Don't apologize, you deserve a cookie for finding an excuse to make a Space Quest reference.  (by the way, none of the pictures show)

Now go finish swabbing the deck of the Aluminum Mallard.

As for the topic at hand, I'm not a fan of what you've done.  I don't have any love for gamestop, but the poor kid who buys a copy of OoT and finds it to be a Fatal Frame spinoff will be rather disappointed.


----------



## wrettcaughn (Aug 24, 2013)

macmanhigh said:


> Blame the Victim........Typical Corporate BS


Victim of what exactly?  When you take a handful of games in, and they tell you, "You'll get $12 for these three games," you certainly have the option and opportunity to say, "No Thanks."

You are essentially paying them so you don't have to meet some stranger at the 7-Eleven outside of town or take your chances on ebay where your auction _might_ end at a decent price not including shipping expenses...


----------



## macmanhigh (Aug 24, 2013)

Thanatos Telos said:


> OP isn't the victim, the guy who buys that game is. Gamestop isn't taking a hit for it.


 


I agree and that really Sucks.......we are screwing ourselves we the people  But GS other Practices are whut im saying

The OP really didnt think it thru i guess that he was gonna be ripping off another customer in the process


----------



## Sicklyboy (Aug 24, 2013)

3DSGuy said:


> I traded in a 3DS which would be considered working only by the strictest legal definition.


 

...I gotta hear this one.



Devin said:


> They take all of our information which includes;
> 
> Name
> Address
> ...


 
Odd, they do NOT do that here, whatsoever.


----------



## DinohScene (Aug 24, 2013)

macmanhigh said:


> The OP really didnt think it thru i guess that he was gonna be ripping off another customer in the process


 


macmanhigh said:


> All i say is Fuck Gamestop to Hell and Back  Fucken Crooks Themselves


 

So.... you're basically saying that he was right in the first place and now are saying that he's wrong?

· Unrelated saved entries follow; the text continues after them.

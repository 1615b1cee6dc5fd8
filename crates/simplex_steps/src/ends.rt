//! The ends of variables.

ghost use Rattle.std.specs.Prelude.{◌≡◌, ◌⊎◌, ◌↔◌, ◌<◌, Some, IsTrue, MatchOption};
ghost use Rattle.fractions.specs.Number.{zero_ℚ};
ghost use Rattle.fractions.specs.Order.{◌<ℚ◌};
ghost use Rattle.fractions.specs.Ends.{AtLeast, AtMost, Between};
ghost use Rattle.simplex_tableau.specs.Programs.{minimized};
ghost use Rattle.lp_model.specs.Meaning.{meaning};
ghost use Rattle.tableau_laws.specs.Variables.{variables, lower_end as lower_of, upper_end as upper_of};
ghost use Rattle.simplex_steps.specs.Signs.{sign_of};
ghost use Rattle.simplex_laws.specs.Choices.{CanRise, CanFall, IsPast};

use fractions::ext::Ext;
use fractions::frac::Frac;
use lp_model::Program;
use lp_model::ends::{reach_lower, reach_upper};

/// The lower end of a variable of what the program means.
#[tactic(auto, unfolding(tableau_laws::specs::Variables::joined))]
fn lower_of_meaning(program: &Program, k: usize) -> Ext
    requires { k < variables (meaning program.now) }
    ensures { result ≡ lower_of (meaning program.now) k }
{
    let columns = program.columns();
    if k < columns.len() {
        reach_lower(columns[k].semi, &columns[k].lower, &columns[k].upper)
    } else {
        program.rows()[k - columns.len()].lower
    }
}

/// The lower end of a variable.
pub fn lower_end(program: &Program, k: usize) -> Ext
    requires { k < variables (minimized program.now) }
    ensures { result ≡ lower_of (minimized program.now) k }
{
    lower_of_meaning(program, k)
}

/// The upper end of a variable of what the program means.
#[tactic(auto, unfolding(tableau_laws::specs::Variables::joined))]
fn upper_of_meaning(program: &Program, k: usize) -> Ext
    requires { k < variables (meaning program.now) }
    ensures { result ≡ upper_of (meaning program.now) k }
{
    let columns = program.columns();
    if k < columns.len() {
        reach_upper(columns[k].semi, &columns[k].lower, &columns[k].upper)
    } else {
        program.rows()[k - columns.len()].upper
    }
}

/// The upper end of a variable.
pub fn upper_end(program: &Program, k: usize) -> Ext
    requires { k < variables (minimized program.now) }
    ensures { result ≡ upper_of (minimized program.now) k }
{
    upper_of_meaning(program, k)
}

/// The end that a value is past, and whether it has to go up.
#[derive(Clone, Copy)]
pub struct PastEnd {
    pub bound: Frac,
    pub up: bool,
}

/// The end that a value is below.
fn below_lower(lower: &Ext, value: &Frac) -> Option<Frac>
    ensures { MatchOption result (AtLeast lower.now value.now) (λ e. (lower.now ≡ Some e) × (value.now <ℚ e)) }
{
    match lower.number() {
        Some(end) if value.lt(&end) => Some(end),
        _ => None,
    }
}

/// The end that a value is above.
fn above_upper(upper: &Ext, value: &Frac) -> Option<Frac>
    ensures { MatchOption result (AtMost upper.now value.now) (λ e. (upper.now ≡ Some e) × (e <ℚ value.now)) }
{
    match upper.number() {
        Some(end) if end.lt(value) => Some(end),
        _ => None,
    }
}

/// The end that a value is past.
pub fn past_end(lower: &Ext, upper: &Ext, value: &Frac) -> Option<PastEnd>
    ensures { MatchOption result (Between lower.now upper.now value.now) (λ p. IsPast lower.now upper.now value.now p.bound (sign_of p.up)) }
{
    if let Some(bound) = below_lower(lower, value) {
        return Some(PastEnd { bound, up: true });
    }
    let bound = above_upper(upper, value)?;
    Some(PastEnd { bound, up: false })
}

/// Whether a value isn't at its upper end.
fn can_rise(upper: &Ext, value: &Frac) -> bool
    ensures { IsTrue result ↔ CanRise upper.now value.now }
{
    match upper.number() {
        Some(end) => value.lt(&end),
        None => true,
    }
}

/// Whether a value isn't at its lower end.
fn can_fall(lower: &Ext, value: &Frac) -> bool
    ensures { IsTrue result ↔ CanFall lower.now value.now }
{
    match lower.number() {
        Some(end) => end.lt(value),
        None => true,
    }
}

/// Whether a value may go where `way` points.
pub fn can_move(lower: &Ext, upper: &Ext, value: &Frac, way: &Frac) -> bool
    ensures { IsTrue result ↔ (((zero_ℚ <ℚ way.now) × CanRise upper.now value.now) ⊎ ((way.now <ℚ zero_ℚ) × CanFall lower.now value.now)) }
{
    if way.is_positive() {
        return can_rise(upper, value);
    }
    way.is_negative() && can_fall(lower, value)
}
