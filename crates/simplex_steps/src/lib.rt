//! A step of the exact simplex method: the ends of variables, the rules by which it chooses, how far a variable can go, and the step.
//!
//! Wherever there is a choice the least variable is taken (Bland's rule).
#![tactic(auto)]

mod choices;
mod ends;
mod limits;
mod steps;

pub use ends::{lower_end, upper_end};
pub use steps::{End, look, step};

Better light up another blunt, You seem to be not clearly thinking anymore.


----------



## grossaffe (Aug 24, 2013)

macmanhigh said:


> That Xenoblade thing really got my Juices Flowing.........I stopped supporting GS years ago i only buy from my Local Ma&Pa game shop and the mighty Amazon


 
I don't get why the Xenoblade thing is such a big issue.  The game is selling for $100+ on amazon and ebay.  Hell, I exploited Gamestop's under-market-value prices on it a few months back to get it at $60, saving me probably around $50.  If they're finally moving on to market-value prices, that's hardly something to be upset about.  That being said, I only go to gamestop when I have to (like when I was looking for the Skyward Sword bundle).  I leave near the Starland warehouse, which is infinitely more awesome than Gamestop, so I go there for my gaming needs.


----------



## RchUncleSkeleton (Aug 24, 2013)

You tricked lamestop and traded a shit game for another shit game... big whoop. Though I will say that being a douchetard and switching labels is about as low as selling someone an iPhone box with and actual apple inside.
It doesn't bother me as much because mostly only douchetards shop at gameslop anyways, I on the other hand prefer my new games to actually be NEW and unopened. For used games I'll stick to ebay and craigslist and make sure to test the games before purchasing.


----------



## dragonblood9999 (Aug 24, 2013)

and thus the vicious circle starts again
your not screwing gamestop. you are screwing the person who will buy the game next.
how would you feel if you bought, lets say Pokemon Y/X used only to find out when you get home that the game is Pilot Wings, Steel Diver or something else


----------



## Thanatos Telos (Aug 24, 2013)

dragonblood9999 said:


> and thus the vicious circle starts again
> your not screwing gamestop. you are screwing the person who will buy the game next.
> how would you feel if you bought, lets say Pokemon Y/X used only to find out when you get home that the game is Pilot Wings, Steel Diver or something else


 
I would find the fucker that did it, break into his house, and beat the ever living shit out of him.


*I like Pokemon.*


----------



## Kouen Hasuki (Aug 24, 2013)

Kinda a low blow there to who ever buys it >.> I Do hope they trace you back...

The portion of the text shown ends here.